More quantifiable - Microarray data is only ever displayed as values relative to other signals detected on the array, whilst RNA-seq data is quantifiable. RNA-seq also avoids the issues microarrays have in detecting very high or very low transcription levels.
Figure 2: A workflow for RNA-seq. Credit: Technology Networks.
An RNA-seq protocol
Experiment planning
Preparation prior to starting your RNA-seq experiment is essential. Questions to answer before starting include:11
- What method of RNA purification are you using?
- What read depth will you need?
- Which platform will you use?
- Is there a reference genome available and which will you use?
- How are you assessing the quality of your RNA?
- Do you need to enrich your target RNA?
- Will you barcode your RNA?
- Have I got enough biological and technical replicates?
- Single-end or paired-end sequencing?
- What read length will you use?
- Do I want to retain strand-specific information?
cDNA library preparation
cDNA sequencing
RNA-seq data analysis
To sum up, modern-day RNA-seq is well established as the superior option to microarrays and will likely remain the preferred option for the time being.
Challenges of RNA-seq
Significant progress has been made in the field of RNA-seq over the last decade or so. The associated costs have reduced significantly while throughput has increased, sequence fidelity is far superior to earlier iterations of the NGS technologies and the availability of data analysis tools and pipelines has improved tremendously. However, there remain a number of challenges for scientists to bear in mind when considering RNA-seq experiments. These include:
Isolating sufficient, high-quality RNA – while the sample quantity requirements for RNA-seq analysis have reduced drastically, it is still important to ensure you are able to obtain sufficient RNA to fulfill all your analysis requirements, including repeats if necessary. It is also important to bear in mind that, while you may isolate total RNA, depending upon your experimental question, you are likely only to be sequencing a fraction of this (typically messenger RNA (mRNA)), further reducing your sample quantity. This must also be of high quality and purity as poor samples are likely to lead to poor results, or in some cases failure within the library preparation protocol. The quality and concentration of RNA can be determined using UV-visible spectroscopy. Unlike DNA, RNA degrades rapidly so it important to treat samples with care at all stages of isolation and purification. Degradation may not be uniform, hindering the comparison of transcription levels between genes. Low-level transcripts may be lost from the sequenced population altogether.

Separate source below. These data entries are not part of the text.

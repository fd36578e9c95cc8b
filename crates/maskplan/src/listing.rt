// The plan as text.
use crate::plan;
use drawings::drawing::Drawing;
use drawings::picture::picture_row;
use masks::chord::ChordList;
use masks::lengths::LengthList;
use masks::mask::Mask;
use sheets::holder::Size;
use std::io;

// What is planned, and where to the plan is printed.
#[derive(Clone, Copy)]
pub struct Listing<'a> {
    pub rt: &'a HostRuntime,
    pub drawing: &'a Drawing,
    pub mask: &'a Mask,
    pub size: Size,
}

impl Listing<'_> {
    // Prints each step of the plan. Want of memory for a row of the picture is told as a plan that cannot be written.
    pub fn print(&self) -> io::Result<()> {
        println!(self.rt; "sheet {} by {}", self.size.width, self.size.height)?;
        self.print_points()?;
        self.print_picture()?;
        self.print_chords()?;
        self.print_lengths()?;
        self.print_costs()
    }

    // The points as they were drawn.
    fn print_points(&self) -> io::Result<()> {
        println!(self.rt; "points {}", self.mask.count())?;
        for p in self.drawing.points() {
            println!(self.rt; "  ({}, {})", p.u, p.v)?;
        }
        Ok(())
    }

    // The smallest rectangle that has every point and the origin.
    fn print_picture(&self) -> io::Result<()> {
        let alloc = self.rt.alloc();
        let points = self.drawing.points();
        let (north, south) = ChordList::of(self.mask).extent();
        let west = points.iter().fold(0, |least, p| p.u.min(least));
        let east = points.iter().fold(0, |most, p| p.u.max(most));
        let columns: Vec<i32> = (west..east.saturating_add(1)).collect(alloc)?;
        println!(self.rt; "mask")?;
        for v in north..south.saturating_add(1) {
            let row = picture_row(alloc, self.mask, v, columns.as_slice())?;
            println!(self.rt; "  {row}")?;
        }
        Ok(())
    }

    // The chords of the mask, from which the sweep takes it.
    fn print_chords(&self) -> io::Result<()> {
        let chords = ChordList::of(self.mask);
        let count = chords.as_slice().len();
        println!(self.rt; "chords {count}")?;
        for c in chords.as_slice() {
            println!(self.rt; "  row {}, from {}, {} long", c.v, c.start, c.length)?;
        }
        Ok(())
    }

    // The lengths for which the table has cells.
    fn print_lengths(&self) -> io::Result<()> {
        print!(self.rt; "lengths")?;
        for length in LengthList::of(self.mask).as_slice() {
            print!(self.rt; " {length}")?;
        }
        println!(self.rt)
    }

    // What filters under the mask cost on the sheet.
    fn print_costs(&self) -> io::Result<()> {
        let costs = plan::priced(self.mask, self.size);
        println!(self.rt; "rows {}", costs.rows)?;
        println!(self.rt; "table {} cells", costs.table)?;
        println!(self.rt; "erode or dilate {} picks", costs.filter)?;
        println!(self.rt; "open or close {} picks", costs.opening)
    }
}
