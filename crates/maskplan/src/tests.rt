// The lines for arguments that are no size, and the words for what else is wrong.
use crate::{HEIGHT_RULE, USAGE, WIDTH_RULE, WORDS, input_fault, number_of};
use drawings::drawing::DrawingFault;
use drawings::drawn::DrawnFault;
use sheets::holder::Size;
use std::test::Fail;
use texts::fault::{JobFault, ToldJobFault};
use texts::input::{InputFault, LinesFault};
use texts::size::sized;

#[test]
fn an_argument_that_is_no_number_is_told_by_its_rule(rt: HostRuntime) {
    assert_eq!(rt; number_of("640", WIDTH_RULE), Ok(640));
    for word in ["", "-1", "6x", "1.5", "18446744073709551616"] {
        assert_eq!(rt;
            number_of(word, WIDTH_RULE),
            Err(JobFault::Arguments(WIDTH_RULE))
        );
    }
}

#[test]
fn each_fault_has_its_line(rt: HostRuntime) -> Result<(), Fail> {
    let wide = Size {
        width: 2049,
        height: 1,
    };
    let table = [
        (
            JobFault::Arguments(USAGE),
            "usage: maskplan WIDTH HEIGHT, with a drawing on standard input",
        ),
        (
            JobFault::Arguments(WIDTH_RULE),
            "the width is not a whole number from 1 to 2048",
        ),
        (
            JobFault::Arguments(HEIGHT_RULE),
            "the height is not a whole number from 1 to 2048",
        ),
        (
            JobFault::Input(InputFault::NoText),
            "the drawing is no text",
        ),
        (
            JobFault::Input(InputFault::Unread),
            "the drawing is no text",
        ),
        (
            JobFault::Drawn(DrawnFault::Unread(DrawingFault::NoOrigin)),
            "the origin is not marked, @ where it is a point and o where it is not",
        ),
        (JobFault::Unwritten, "the drawing is no text"),
        (JobFault::Memory, "there is not enough memory"),
    ];
    for (fault, wanted) in table {
        let told = ToldJobFault {
            fault,
            words: WORDS,
        };
        let line = told.to_string(rt.alloc())?;
        assert_eq!(rt; line.as_str(), wanted);
    }
    let Err(refused) = sized(wide) else {
        assert!(rt; false);
        return Ok(());
    };
    let told = ToldJobFault {
        fault: JobFault::from(refused),
        words: WORDS,
    };
    let line = told.to_string(rt.alloc())?;
    assert_eq!(rt;
        line.as_str(),
        "refused 9: the sheet is 2049 by 1; each goes from 1 to 2048"
    );
    Ok(())
}

// What kept the lines of the input from being listed.
#[test]
fn lines_that_are_not_listed_have_their_line(rt: HostRuntime) -> Result<(), Fail> {
    let table = [
        (
            LinesFault::Reader(InputFault::Memory),
            "the drawing is no text",
        ),
        (
            LinesFault::Line(InputFault::Memory),
            "the drawing is no text",
        ),
        (
            LinesFault::Line(InputFault::NoText),
            "the drawing is no text",
        ),
        (LinesFault::List, "there is not enough memory"),
    ];
    for (kept, wanted) in table {
        let told = ToldJobFault {
            fault: input_fault(kept),
            words: WORDS,
        };
        let line = told.to_string(rt.alloc())?;
        assert_eq!(rt; line.as_str(), wanted);
    }
    Ok(())
}
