// The RAM after a change: written once, after the chip. Nothing here touches the flash.
#![tactic(auto)]

ghost use Rattle.std.specs.Prelude.{◌≡◌, ◌+◌, ◌*◌, ◌%◌, ◌≤◌, length};
ghost use Rattle.layout.specs.Geometry.{sector, page, fourth_size, ram_size, work_ram};
ghost use Rattle.layout.specs.Items.{put, item_ram, zero_page};
ghost use Rattle.layout.specs.Index.{filters_per_flush, in_ska};
ghost use Rattle.geometry.specs.Shape.{shape, area};
ghost use Rattle.geometry.specs.Indexes.{index_of};
ghost use Rattle.filter.specs.Fourths.{with_fourths};
ghost use Rattle.kept.specs.Kept.{filters_kept, deletion_kept, record_kept, kept};
ghost use Rattle.kept.specs.Appended.{deletion_appended, record_appended, appended};

use geometry::sets::Index;
use geometry::{Area, Chip, Geometry, areas, sets};
use plan::{NewBytes, NewFilters};
use planning::Slots;

// dst becomes src, a word at a time: by `words::copy` alone it is slower, since the compiler doesn't see that the two lie apart.
fn copy_words(dst: &mut [u8], src: &[u8])
    requires { (length dst.old ≡ length src.now) × (length src.now % 4 ≡ 0) }
    ensures { dst.new ≡ src.now }
{
    for k in 0..src.len() / 4 {
        let i = 4 * k;
        let word = [src[i], src[i + 1], src[i + 2], src[i + 3]];
        words::copy(&mut dst[i..i + 4], &word);
    }
}

// Item n to its place.
fn append_item(a: Area, n: usize, item: &[u8], ram: &mut [u8])
    requires { (length item.now ≡ a.size) × (a.size % 4 ≡ 0) × (a.ram + a.per_page * a.size ≤ length ram.old) }
    ensures { ram.new ≡ put (area a) n item.now ram.old }
{
    let at = a.ram + areas::slot(a.per_page, n) * a.size;
    let end = at + item.len();
    copy_words(&mut ram[at..end], item);
}

// Item n to its place, or, where it fills its page, the page zeroed.
fn keep_item(chip: Chip, a: Area, n: usize, item: &[u8], ram: &mut [u8])
    requires page_size { a.per_page * a.size ≡ page chip.unit }
    requires item_len { (length item.now ≡ a.size) × (a.size % 4 ≡ 0) × (a.ram + page chip.unit ≤ length ram.old) }
    ensures { ram.new ≡ item_ram chip.unit (area a) n item.now ram.old }
{
    append_item(a, n, item, ram);
    if a.fills(n) {
        words::fill_at(ram, a.ram, chip.page_size(), 0);
    }
}

// The fourths of new filters, `piece` bytes in each sector of a page, from byte `at` of its first sector on.
fn put_fourths(chip: Chip, at: usize, piece: usize, fourths: &[u8], ram: &mut [u8])
    requires fourths_len { (4 * piece ≤ length fourths.now) × (piece ≤ sector chip.unit) }
    requires piece_in_bounds { at + 3 * sector chip.unit + piece ≤ length ram.old }
    ensures { ram.new ≡ with_fourths chip.unit piece at fourths.now ram.old }
{
    for i in 0..Chip::SECTORS_PER_PAGE {
        let lo = i * piece;
        let hi = lo + piece;
        words::copy_at(ram, at + chip.sector_address(i), &fourths[lo..hi]);
    }
}

// n new filters, the first of them number `first`: to their places in the SKA page, or, where they fill that page, the page zeroed.
fn keep_filters(chip: Chip, ix: Index, first: usize, n: usize, fourths: &[u8], ram: &mut [u8])
    requires filters_bound { (1 ≤ n) × (n ≤ 2) × (in_ska first + n ≤ filters_per_flush) }
    requires in_bounds { (4 * (n * fourth_size chip.unit) ≤ length fourths.now) × (ix.ska + page chip.unit ≤ length ram.old) }
    ensures { ram.new ≡ filters_kept chip.unit (index_of ix) first n fourths.now ram.old }
{
    let slot = first % sets::FILTERS_PER_FLUSH;
    let fourth = chip.fourth_size();
    put_fourths(chip, ix.ska + slot * fourth, n * fourth, fourths, ram);
    if sets::fills_ska(first + (n - 1)) {
        words::fill_at(ram, ix.ska, chip.page_size(), 0);
    }
}

// ---- the items of a change, out of its new bytes, and its new filters

// Deletion d, and both filters of the page that it fills.
fn keep_deletion(g: Geometry, d: usize, new: &NewBytes, filters: &NewFilters, ram: &mut [u8])
    requires { ram_size (shape g) ≤ length ram.old }
    ensures { ram.new ≡ deletion_kept (shape g) d new.now filters.now ram.old }
{
    let deletions = geometry::deletion_area(g);
    keep_item(g.chip, deletions, d, &new[0..plan::RECORD_AT], ram);
    if deletions.fills(d) {
        keep_filters(
            g.chip,
            sets::deletion_index(g),
            sets::deletion_filters(g, d),
            2,
            &filters[0..plan::ENTRY_FILTER_AT],
            ram,
        );
    }
}

// Record n and its entry, and the filter of the page that the entry fills.
fn keep_record(g: Geometry, n: usize, new: &NewBytes, filters: &NewFilters, ram: &mut [u8])
    requires { ram_size (shape g) ≤ length ram.old }
    ensures { ram.new ≡ record_kept (shape g) n new.now filters.now ram.old }
{
    let entries = geometry::entry_area(g);
    keep_item(
        g.chip,
        geometry::record_area(g),
        n,
        &new[plan::RECORD_AT..plan::ENTRY_AT],
        ram,
    );
    keep_item(
        g.chip,
        entries,
        n,
        &new[plan::ENTRY_AT..plan::NEW_SIZE],
        ram,
    );
    if entries.fills(n) {
        keep_filters(
            g.chip,
            sets::key_index(g),
            n / entries.per_page,
            1,
            &filters[plan::ENTRY_FILTER_AT..plan::FILTERS_SIZE],
            ram,
        );
    }
}

// ---- a change that fills no page

// Deletion d.
fn append_deletion(g: Geometry, d: usize, new: &NewBytes, ram: &mut [u8])
    requires { ram_size (shape g) ≤ length ram.old }
    ensures { ram.new ≡ deletion_appended (shape g) d new.now ram.old }
{
    append_item(geometry::deletion_area(g), d, &new[0..plan::RECORD_AT], ram);
}

// Record n, then its entry.
fn append_record(g: Geometry, n: usize, new: &NewBytes, ram: &mut [u8])
    requires { ram_size (shape g) ≤ length ram.old }
    ensures { ram.new ≡ record_appended (shape g) n new.now ram.old }
{
    let records = geometry::record_area(g);
    let entries = geometry::entry_area(g);
    append_item(records, n, &new[plan::RECORD_AT..plan::ENTRY_AT], ram);
    append_item(entries, n, &new[plan::ENTRY_AT..plan::NEW_SIZE], ram);
}

// ---- the RAM after a change

// The work page is zeroed.
fn clear_work(g: Geometry, ram: &mut [u8])
    requires { ram_size (shape g) ≤ length ram.old }
    ensures { ram.new ≡ zero_page g.chip.unit (work_ram g.chip.unit) ram.old }
{
    words::fill_at(ram, g.work_ram(), g.chip.page_size(), 0);
}

// The RAM after a change, once the chip has all of it.
pub fn finish(g: Geometry, e: Slots, new: &NewBytes, filters: &NewFilters, ram: &mut [u8])
    requires { ram_size (shape g) ≤ length ram.old }
    ensures { ram.new
        ≡ zero_page g.chip.unit (work_ram g.chip.unit) (kept (shape g) new.now filters.now ram.old e) }
{
    match e {
        Slots::Delete(d) => keep_deletion(g, d, new, filters, ram),
        Slots::Insert(n) => keep_record(g, n, new, filters, ram),
        Slots::Update(d, n) => {
            keep_deletion(g, d, new, filters, ram);
            keep_record(g, n, new, filters, ram);
        }
    }
    clear_work(g, ram);
}

// The RAM after a change that fills no page: the arms of `finish` with other calls in them, which closures would make no plainer.
pub fn append(g: Geometry, e: Slots, new: &NewBytes, ram: &mut [u8])
    requires { ram_size (shape g) ≤ length ram.old }
    ensures { ram.new
        ≡ zero_page g.chip.unit (work_ram g.chip.unit) (appended (shape g) new.now ram.old e) }
{
    match e {
        Slots::Delete(d) => append_deletion(g, d, new, ram),
        Slots::Insert(n) => append_record(g, n, new, ram),
        Slots::Update(d, n) => {
            append_deletion(g, d, new, ram);
            append_record(g, n, new, ram);
        }
    }
    clear_work(g, ram);
}
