// Plans a trailer with two buses through the calls of a board, and tells in print what each call answered.
#![tactic(auto)]

mod prints;

use anyhow::Context;
use bus::entry::Entry;
use frames::can11::Can11;
use frames::equation::Equation;
use planner::board::Board;
use planner::progress::Progress;
use prints::{print_margins, print_rows};

// The board of this program: both buses are classic, by the equation rule.
pub(crate) type Trailer<'a> = Board<'a, Equation<Can11>>;

// Two messages of 8 bytes that cross from bus 1 to bus 2 every 10 ms, with this deadline.
fn enter_both(board: &mut Trailer<'_>, deadline: u64) -> anyhow::Result<()> {
    for number in 1..=2 {
        board.enter(Entry {
            number,
            source: 1,
            destinations: 2,
            payload: 8,
            period: 10_000_000,
            deadline,
            jitter: 0,
        })?;
    }
    Ok(())
}

// Tries one leg at a time until the walk ends, at most a hundred times, and answers how many tries were made.
fn walk(rt: &HostRuntime, board: &mut Trailer<'_>) -> anyhow::Result<u64> {
    let mut sum: u64 = 0;
    for _ in 0..100 {
        let tried = board.attempt(1)?;
        sum = sum.saturating_add(tried.made);
        println!(rt; "try {sum}: {}", tried.progress)?;
        if tried.progress != Progress::GoingOn {
            break;
        }
    }
    Ok(sum)
}

fn run(rt: &HostRuntime) -> anyhow::Result<()> {
    let first = Can11::new(2000).context("the bit time of bus 1 is out of range")?;
    let second = Can11::new(2000).context("the bit time of bus 2 is out of range")?;
    let rules = [Equation { carrier: first }, Equation { carrier: second }];
    let mut board = Board::new(rt.alloc())?;
    board.make(&rules, 100_000)?;
    println!(rt; "deadlines 1500000")?;
    enter_both(&mut board, 1_500_000)?;
    let _ = walk(rt, &mut board)?;
    print_rows(rt, &board)?;
    print_margins(rt, &board)?;
    board.withdraw(1)?;
    board.withdraw(2)?;
    println!(rt; "deadlines 1449999")?;
    enter_both(&mut board, 1_449_999)?;
    let tries = walk(rt, &mut board)?;
    println!(rt; "ended after {tries} tries")?;
    Ok(())
}

fn main(rt: HostRuntime) -> anyhow::Result<()> {
    run(&rt)
}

The impact of sample pooling – pooling samples prior to library preparation (without the use of barcoding) can reduce sequencing effort and costs or enable sequencing in cases where sample quantities are very limited. However, it is important to account for this during data analysis, with one such pool considered to be one biological replicate, not however many samples went in to making up the pool. Variations between the pooled samples can lead to misleading results and statistical issues so possible implications should be considered during the experimental design process.
Trading-off sequencing depth against sample number – It may seem appealing to get as many samples done in a single sequencing run as possible to reduce costs and machine time. However, this comes at a cost. The more samples are multiplexed, the fewer reads will be obtained for each of those samples. With reducing read depth comes mounting uncertainty as to the reliability of the sequences obtained. Sequencing technologies are still far from perfect, and mistakes are made in reads. It is therefore important to find the sweet spot between obtaining sufficient read depth to give confidence in the quality and fidelity of the sequencing data obtained and maximizing sequencing capacity to ensure sufficient biological replicates can be analyzed to give meaningful data.